"Il faut que je te décoince" :  une ex-assistante de l’ambassade du Qatar à Paris porte plainte pour harcèlement sexuel

"Il faut que je te décoince" : une ex-assistante de l’ambassade du Qatar à Paris porte plainte pour harcèlement sexuel

JUSTICE - Une employée de l’ambassade du Qatar a porté plainte pour harcèlement sexuel à l’encontre du secrétaire privé de l’ambassadeur, selon "Le Parisien". Elle avait été licenciée en janvier 2016.

Quand elle est entrée à l’ambassade du Qatar, elle voyait s’ouvrir devant elle une belle carrière. La chute a été rude. Tout juste deux ans après avoir été embauchée, elle a été mise dehors, et est aujourd’hui en dépression, d’après son avocat.
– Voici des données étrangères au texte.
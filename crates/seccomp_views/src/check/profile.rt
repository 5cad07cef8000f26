// What is said of the warnings of a profile.

use crate::check::format::{Lines, Place, said_of_calls};
use crate::lines::{push_arguments, push_example};
use crate::text::Text;
use seccomp_answers::check::CheckedProfile;
use seccomp_answers::findings::parts::name_of;
use seccomp_names::CallTable;
use seccomp_profiles::Abi;
use seccomp_warnings::{
    AbiEvasion, Clash, Code, Comparison, Doubt, Effect, LACKED, Origin, ProfileWarning, Subject,
    code_of,
};
use seccompiler::TargetArch;
use seccompiler::record::word_at;
use std::alloc::{AllocError, Global};
use std::collections::BTreeMap;

// What a line is about: the entry, or none of the profile itself; where the line stands among those of the entry or the profile; the
// part of it; and the name of the call, if it is one of several.
type Spot<'a> = (
    Option<usize>,
    (usize, usize),
    Part<'a>,
    Option<&'static str>,
);

// What is said if an entry asks a supervisor, and none listens.
const NO_LISTENER: &str =
    "without \"listenerPath\" runc starts no container, and under crun these calls fail with ENOSYS, or no container starts if it is empty; write where the supervisor listens";

// A part of a profile or of an entry.
#[derive(Clone, Copy)]
enum Part<'a> {
    // All of it.
    Whole,
    // What is under this key.
    Under(&'a str),
    // This key, which is passed over.
    Key(&'a str),
    // The condition at this place.
    Condition(usize),
    // The architecture at this place.
    Architecture(usize),
}

/// Adds what is said of the warnings of a profile, in the order of their places: once for each code of a place, and for each pair of
/// entries.
pub fn push_profile_warnings(lines: &mut Lines<'_>, target: TargetArch, checked: &CheckedProfile) {
    let alloc = lines.text.alloc();
    let mut ordered = BTreeMap::new(alloc);
    // Backwards, since the first of those with one place and code counts.
    for nth in (0..checked.warnings.len()).rev() {
        let warning = &checked.warnings[nth];
        let (entry, rank, _, _) = spot_of(target, checked, warning);
        let order = (entry, rank, code_of(warning).name());
        if ordered.insert(order, nth).is_err() {
            lines.text.fail();
        }
    }
    for nth in ordered.values() {
        let Some(warning) = checked.warnings.get(*nth) else {
            continue;
        };
        let (entry, _, part, call) = spot_of(target, checked, warning);
        if let Some(entry) = entry {
            lines.key("syscalls");
            lines.item(entry);
        }
        let code = code_of(warning);
        go_to(lines, part, code);
        lines.call = call;
        match said_of(alloc, target, warning) {
            Ok(said) => lines.push("warning", code.name(), said.as_str()),
            Err(_) => lines.text.fail(),
        }
    }
}

// Goes on to a part, and to the one in it that a code is about.
fn go_to(lines: &mut Lines<'_>, part: Part<'_>, code: Code) {
    match part {
        Part::Whole => {}
        Part::Under(key) => lines.key(key),
        Part::Key(key) => {
            lines.key(key);
            lines.place = Place::Key;
        }
        Part::Condition(place) => {
            lines.key("args");
            lines.item(place);
            if let Code::ValueOutsideMask = code {
                lines.key("valueTwo");
            }
        }
        Part::Architecture(place) => {
            lines.key("architectures");
            lines.item(place);
        }
    }
}

// What a warning is about.
fn spot_of<'a>(
    target: TargetArch,
    checked: &'a CheckedProfile,
    warning: &ProfileWarning,
) -> Spot<'a> {
    match warning {
        ProfileWarning::Doubtful(doubt) => spot_of_doubt(target, *doubt),
        ProfileWarning::Clashing(clash) => spot_of_clash(target, clash),
        ProfileWarning::Flags => (None, (2, 0), Part::Under("flags"), None),
        ProfileWarning::Lacked(_) => (None, (5, 0), Part::Under("syscalls"), None),
        ProfileWarning::UnknownKey(place) => {
            let part = match checked.compiled.profile.unknown_keys.get(*place) {
                Some(key) => Part::Key(key.as_str()),
                None => Part::Whole,
            };
            (None, (3, *place), part, None)
        }
        ProfileWarning::UnknownArchitecture(place) => {
            (None, (4, 0), Part::Architecture(*place), None)
        }
        ProfileWarning::OfEntries(warning, origin) => spot_in(target, *origin, warning.subject),
        ProfileWarning::Evaded(evasion, origin) => {
            let subject = Subject::Condition(evasion.comparison);
            spot_in(target, Some(*origin), subject)
        }
        ProfileWarning::AbiEvaded(evasion) => spot_in(target, evasion.origin, Subject::Entry(0)),
    }
}

// What a doubt is about.
fn spot_of_doubt(target: TargetArch, doubt: Doubt) -> Spot<'static> {
    let (default, action) = (Part::Under("defaultAction"), Part::Under("action"));
    match doubt {
        Doubt::LargeDefaultErrno | Doubt::NotifiesByDefault => (None, (0, 0), default, None),
        Doubt::EqualsDefault { place }
        | Doubt::LargeErrno { place }
        | Doubt::NoListener { place } => (Some(place), (0, 0), action, None),
        Doubt::NotifiesWrite { place } => (Some(place), (0, 1), action, None),
        Doubt::Behind { second, number, .. } => {
            let call = name_of(target, number);
            (Some(second), (1, number as usize), Part::Whole, call)
        }
        Doubt::ManyConditions { place } => (Some(place), (2, 0), Part::Under("args"), None),
        Doubt::OpenOrder {
            first,
            second,
            call,
        } => {
            let call = name_of(target, word_at(&call, 0));
            (Some(second), (3, first), Part::Whole, call)
        }
    }
}

// What it is about that libseccomp does to an entry.
fn spot_of_clash(target: TargetArch, clash: &Clash) -> Spot<'static> {
    let call = match clash.abi {
        Abi::I386 => CallTable::I386.name_of(clash.number),
        _ => name_of(target, clash.number),
    };
    let rank = match clash.effect {
        Effect::Unheard => return (Some(clash.place), (0, 0), Part::Under("action"), None),
        Effect::Miscompiled { .. } | Effect::Rejected { .. } => 4,
        Effect::Lost(Abi::I386) => 6,
        Effect::Lost(_) => 5,
    };
    (
        Some(clash.place),
        (rank, clash.number as usize),
        Part::Whole,
        call,
    )
}

// What a warning of a filter is about: the default action, or a rule that is from here.
fn spot_in(target: TargetArch, origin: Option<Origin>, subject: Subject) -> Spot<'static> {
    let default = Part::Under("defaultAction");
    match (origin, subject) {
        (None, Subject::MismatchCall(call)) => {
            (None, (1, call as usize), default, Some(call.name()))
        }
        (None, _) => (None, (0, 0), default, None),
        (Some(origin), Subject::MatchAction(_)) => {
            (Some(origin.entry), (0, 0), Part::Under("action"), None)
        }
        (Some(origin), subject) => match (origin.condition, subject) {
            (Some(place), _) | (None, Subject::Condition(Comparison { place, .. })) => {
                (Some(origin.entry), (2, place), Part::Condition(place), None)
            }
            (None, _) => {
                let call = name_of(target, origin.number);
                (
                    Some(origin.entry),
                    (1, origin.number as usize),
                    Part::Whole,
                    call,
                )
            }
        },
    }
}

// The call that is denied, the one that is let through to 32-bit programs, and what to do.
fn said_on_abi(
    alloc: Global,
    target: TargetArch,
    evasion: &AbiEvasion,
) -> Result<String, AllocError> {
    let AbiEvasion { abi, passed, .. } = evasion;
    let mut text = Text::new(alloc);
    push_example(&mut text, target, false, &evasion.denied);
    text.push_str(" is denied, and let through is ");
    text.push_str(abi.name_of(word_at(passed, 0)).unwrap_or("a call"));
    push_arguments(&mut text, passed);
    text.push_str(" of ");
    text.push_str(abi.name());
    text.push_str(", ");
    text.push_str(Code::AbiEvades.said_of_profile());
    text.finish_string()
}

// What is doubtful or so, and what to write instead.
fn said_of(
    alloc: Global,
    target: TargetArch,
    warning: &ProfileWarning,
) -> Result<String, AllocError> {
    match warning {
        ProfileWarning::Doubtful(Doubt::Behind { first, .. }) => {
            format!(in alloc;
                "syscalls[{first}] decides each of these calls, since it tests no argument; leave the call out here, or correct that entry"
            )
        }
        ProfileWarning::Doubtful(Doubt::OpenOrder { first, call, .. }) => {
            let mut said = Text::new(alloc);
            said.push_format(format!(in alloc; "syscalls[{first}] matches "));
            push_example(&mut said, target, false, call);
            said.push_str(
                " too and has another action, and the profile doesn't say which counts; write args that exclude each other",
            );
            said.finish_string()
        }
        ProfileWarning::Clashing(clash) => said_of_effect(alloc, clash.effect),
        ProfileWarning::Doubtful(Doubt::NotifiesByDefault) => String::from_str(
            alloc,
            "runc starts no container with SCMP_ACT_NOTIFY as the default action; list the calls that the supervisor decides",
        ),
        ProfileWarning::Doubtful(Doubt::NoListener { .. }) => String::from_str(alloc, NO_LISTENER),
        ProfileWarning::Doubtful(Doubt::NotifiesWrite { .. }) => String::from_str(
            alloc,
            "runc starts no container with SCMP_ACT_NOTIFY for write; leave the call out here",
        ),
        ProfileWarning::Evaded(evasion, _) => {
            said_of_calls(alloc, target, evasion, evasion.code.said_of_profile())
        }
        ProfileWarning::AbiEvaded(evasion) => said_on_abi(alloc, target, evasion),
        ProfileWarning::Flags => String::from_str(
            alloc,
            "crun sets them, except SECCOMP_FILTER_FLAG_TSYNC beside SCMP_ACT_NOTIFY, with which it starts no container, and runc 1.1 starts none with any; leave them out for runc",
        ),
        ProfileWarning::Lacked(named) => said_of_lacked(alloc, named),
        ProfileWarning::UnknownArchitecture(_) => String::from_str(
            alloc,
            "the OCI runtime specification has no such architecture, so runc starts no container; correct it, also its letter case, or leave it out",
        ),
        other => String::from_str(alloc, code_of(other).said_of_profile()),
    }
}

// What libseccomp does to an entry, and what to write instead.
fn said_of_effect(alloc: Global, effect: Effect) -> Result<String, AllocError> {
    match effect {
        Effect::Rejected { beside } => {
            format!(in alloc;
                "syscalls[{beside}] has these args and maybe more, and another action, so no container starts; leave the call out of one of them"
            )
        }
        Effect::Miscompiled { beside } => {
            format!(in alloc;
                "syscalls[{beside}] compares the same argument, and libseccomp may make another program or come to no end; write SCMP_CMP_EQ alone, or run the command by jail --oci"
            )
        }
        Effect::Unheard => String::from_str(alloc, NO_LISTENER),
        Effect::Lost(abi) => said_of_lost(alloc, abi),
    }
}

// That all entries are lost by a call that these haven't.
fn said_of_lost(alloc: Global, abi: Abi) -> Result<String, AllocError> {
    let (own, all, but) = match abi {
        Abi::I386 => ("i386", "i386", ", or leave out SCMP_ARCH_X86"),
        Abi::X32 => ("x32", "x86_64 and x32", ", or leave out SCMP_ARCH_X32"),
        Abi::Native(TargetArch::x86_64) => {
            ("x86_64", "x86_64 and x32", ", or leave out SCMP_ARCH_X32")
        }
        Abi::Native(TargetArch::aarch64) => ("aarch64", "aarch64", ""),
        Abi::Native(TargetArch::riscv64) => ("riscv64", "riscv64", ""),
    };
    format!(in alloc;
        "{own} hasn't this call, and so libseccomp loses all entries for {all}; write one without args for a call that {own} has{but}"
    )
}

// Which of the names libseccomp hasn't.
fn said_of_lacked(alloc: Global, named: &[bool; 8]) -> Result<String, AllocError> {
    let mut said = Text::new(alloc);
    said.push_str("libseccomp 2.5.4 hasn't ");
    let mut is_first = true;
    for (name, is_named) in LACKED.iter().zip(named) {
        if *is_named {
            if !is_first {
                said.push_str(", ");
            }
            said.push_str(name);
            is_first = false;
        }
    }
    said.push_str(", so with it the default action is taken there; use a newer libseccomp");
    said.finish_string()
}
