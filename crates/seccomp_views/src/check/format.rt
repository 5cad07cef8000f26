// The forms of what `check` says.

use crate::json::{Object, OrNull, push_item};
use crate::lines::push_example;
use crate::notes::push_front;
use crate::text::Text;
use seccomp_faults::{JsonFault, Located, Outline, Position, outline_of};
use seccomp_text::readable::TextKind;
use seccomp_warnings::Evasion;
use seccompiler::TargetArch;
use std::alloc::{AllocError, Global};
use std::mem;

/// How `check` writes what it says.
#[derive(Clone, Copy)]
pub enum CheckFormat {
    /// For people: warnings in lines, and errors on standard error.
    Text,
    /// Both in lines as gcc's.
    Gcc,
    /// Both as JSON.
    Json,
}

/// Where a diagnostic of a value is found.
#[derive(Clone, Copy)]
pub enum Place {
    /// Where the value begins.
    Value,
    /// Where the value's key begins, which is what it is about.
    Key,
    /// Here, or nowhere.
    At(Option<Position>),
}

// A line that isn't written yet, since more calls may come to it.
#[derive(Drop)]
struct Pending {
    path: String,
    position: Option<Position>,
    is_key: bool,
    severity: &'static str,
    code: &'static str,
    message: String,
    // The calls that it is about, if it is about some of several.
    calls: Vec<&'static str>,
}

/// What is said of a text, in the making: lines for people or as gcc's, one for the calls of which the same is said at one place; or
/// JSON, an object for each diagnostic, in a line, with a comma behind it. What is noted of the next diagnostic is forgotten once
/// it is added.
#[derive(Drop)]
pub struct Lines<'a> {
    /// How it is written.
    pub format: CheckFormat,
    /// The path of what has the text.
    pub file: &'a str,
    /// Where the values of the text stand.
    pub outline: Outline,
    /// If it is no JSON, where it stops being so, and what is wrong there.
    pub no_json: Option<(Position, String)>,
    /// What is said so far.
    pub text: Text,
    /// What is noted so far on standard error.
    pub notes: Text,
    /// The path of what the next diagnostic is about, with a point in front of each key.
    pub path: String,
    /// The value there, or else the last one on the way.
    pub value: Located,
    /// Where it is found.
    pub place: Place,
    /// The name of the call that it is about, if it is about one of several.
    pub call: Option<&'static str>,
    /// What may have been meant by the value there.
    pub suggestion: Option<&'static str>,
    // The lines about the last place, which aren't written yet.
    pending: Vec<Pending>,
}

/// The two calls of an evasion, and behind them what is said of them.
pub(crate) fn said_of_calls(
    alloc: Global,
    target: TargetArch,
    evasion: &Evasion,
    said: &str,
) -> Result<String, AllocError> {
    let mut text = Text::new(alloc);
    push_example(&mut text, target, false, &evasion.denied);
    text.push_str(" is denied, and let through is ");
    push_example(&mut text, target, false, &evasion.passed);
    text.push_str(", ");
    text.push_str(said);
    text.finish_string()
}

impl Lines<'_> {
    /// None yet, of this text.
    pub fn new<'a>(alloc: Global, format: CheckFormat, file: &'a str, text: &[u8]) -> Lines<'a> {
        let outline = Outline::new(alloc);
        let mut lines = Lines {
            format,
            file,
            value: outline.whole,
            outline,
            no_json: None,
            text: Text::new(alloc),
            notes: Text::new(alloc),
            path: String::new(alloc),
            place: Place::Value,
            call: None,
            suggestion: None,
            pending: Vec::new(alloc),
        };
        // Lines for people don't say where.
        if !matches!(format, CheckFormat::Text) {
            lines.locate(text);
        }
        lines
    }

    /// Looks where the values of the text stand.
    pub fn locate(&mut self, text: &[u8]) {
        match outline_of(self.text.alloc(), text) {
            Ok(outline) => {
                self.value = outline.whole;
                self.outline = outline;
            }
            Err(JsonFault::At(place, told)) => self.no_json = Some((place, told)),
            Err(JsonFault::OutOfMemory) => self.text.fail(),
        }
    }

    /// Goes on to what is under this key.
    pub fn key(&mut self, key: &str) {
        let alloc = self.text.alloc();
        self.value = self.outline.under(self.value, key);
        self.step(format!(in alloc; ".{key}"));
    }

    /// Goes on to the item at this place.
    pub fn item(&mut self, place: usize) {
        let alloc = self.text.alloc();
        self.value = self.outline.item(self.value, place);
        self.step(format!(in alloc; "[{place}]"));
    }

    // Adds a step to the path.
    fn step(&mut self, step: Result<String, AllocError>) {
        match step {
            Ok(step) if self.path.push_str(step.as_str()).is_ok() => {}
            _ => self.text.fail(),
        }
    }

    /// Adds a diagnostic of what the path leads to: of all of the text, if it has no steps. A line of gcc is
    /// `FILE:LINE:COLUMN: SEVERITY: PATH: MESSAGE [CODE]`, without a place or path that there isn't; standard input is `-`.
    pub fn push(&mut self, severity: &'static str, code: &'static str, message: &str) {
        let alloc = self.text.alloc();
        let path = mem::replace(&mut self.path, String::new(alloc));
        let path = path.as_str().strip_prefix('.').unwrap_or(path.as_str());
        let position = match self.place {
            Place::Value => Some(self.value.begins),
            Place::Key => Some(self.value.key),
            Place::At(position) => position,
        };
        if let CheckFormat::Json = self.format {
            let mut object = Object::new(alloc);
            object.field("file", self.file);
            let (line, column) = match position {
                Some(Position { line, column }) => (Some(line), Some(column)),
                None => (None, None),
            };
            object.field("line", line);
            object.field("column", column);
            object.field("path", path);
            object.field("call", OrNull(self.call));
            object.field("code", code);
            object.field("severity", severity);
            object.field("message", message);
            object.field("suggestion", OrNull(self.suggestion));
            push_item(&mut self.text, object);
        } else if self
            .push_line(path, position, severity, code, message)
            .is_err()
        {
            self.text.fail();
        }
        self.value = self.outline.whole;
        self.place = Place::Value;
        self.call = None;
        self.suggestion = None;
    }

    /// What is said, and what is noted.
    pub fn finish(self) -> (Text, Text) {
        let mut lines = self;
        lines.write_pending();
        (lines.text, lines.notes)
    }

    // Adds the line of a diagnostic, for people or as gcc's, or another call to the last line.
    fn push_line(
        &mut self,
        path: &str,
        position: Option<Position>,
        severity: &'static str,
        code: &'static str,
        message: &str,
    ) -> Result<(), AllocError> {
        let is_same = matches!(self.pending.last(), Some(last) if last.path.as_str() == path);
        if !is_same {
            self.write_pending();
        }
        if let Some(call) = self.call {
            for line in &mut self.pending {
                if line.is_of(code, message) {
                    line.calls.push(call)?;
                    return Ok(());
                }
            }
        }
        let alloc = self.text.alloc();
        self.pending.push(Pending {
            path: String::from_str(alloc, path)?,
            position,
            is_key: matches!(self.place, Place::Key),
            severity,
            code,
            message: String::from_str(alloc, message)?,
            calls: Vec::new(alloc),
        })?;
        match (self.call, self.pending.last_mut()) {
            (Some(call), Some(line)) => Ok(line.calls.push(call)?),
            _ => Ok(()),
        }
    }

    // Writes the lines about the last place.
    fn write_pending(&mut self) {
        let alloc = self.text.alloc();
        for line in mem::replace(&mut self.pending, Vec::new(alloc)) {
            self.write_line(&line);
        }
    }

    // Writes a line. A key stands in quotes.
    fn write_line(&mut self, line: &Pending) {
        let is_gcc = matches!(self.format, CheckFormat::Gcc);
        let quote = if line.is_key { "\"" } else { "" };
        let (alloc, text) = (self.text.alloc(), &mut self.text);
        if is_gcc {
            text.push_readable(self.file, TextKind::Name);
            if let Some(Position { line, column }) = line.position {
                text.push_format(format!(in alloc; ":{line}:{column}"));
            }
            text.push_format(format!(in alloc; ": {}: ", line.severity));
        } else {
            push_front(text, self.file);
        }
        text.push_str(quote);
        text.push_readable(line.path.as_str(), TextKind::Name);
        text.push_str(quote);
        push_calls(text, &line.calls);
        if is_gcc {
            text.push_str(if line.path.is_empty() { "" } else { ": " });
            text.push_readable(line.message.as_str(), TextKind::Line);
            text.push_format(format!(in alloc; " [{}]\n", line.code));
        } else {
            text.push_format(format!(in alloc; ": warning [{}]: {}\n", line.code, line.message));
        }
    }
}

impl Pending {
    // Whether it is about some of several calls, and says this of them.
    fn is_of(&self, code: &str, message: &str) -> bool {
        !self.calls.is_empty() && self.code == code && self.message.as_str() == message
    }
}

// Adds the calls that a line is about, if it is about some of several.
fn push_calls(text: &mut Text, calls: &[&'static str]) {
    let mut front = " (";
    for call in calls {
        text.push_str(front);
        text.push_str(call);
        front = ", ";
    }
    if !calls.is_empty() {
        text.push_str(")");
    }
}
Sa carrière est brisée.


Teresa (nom d’emprunt), jeune femme d’origine ukraino-libanaise de 27 ans est entrée en septembre 2014 à l’ambassadeur du Qatar à Paris, comme assistante personnelle de l’ambassadeur.  Elle est titulaire d’un master 2 en géopolitique à la Sorbonne, maitrise le russe, l’arabe, le français, l’anglais. Mais en janvier 2016, elle est remerciée "sèchement", indique Le Parisien, qui rapporte l’histoire ce vendredi. Le motif officiel ? Avoir refusé ce jour-là "d’effectuer une transfert d’appel téléphonique pour un diplomate". Plus généralement, lui est reprochée son insubordination. Mais la jeune femme conteste cette version des faits. Elle dénonce, elle, du "harcèlement sexuel par personne ayant autorité". Elle a déposé une plainte dans le commissariat du 17e arrondissement et saisi les prud’hommes.  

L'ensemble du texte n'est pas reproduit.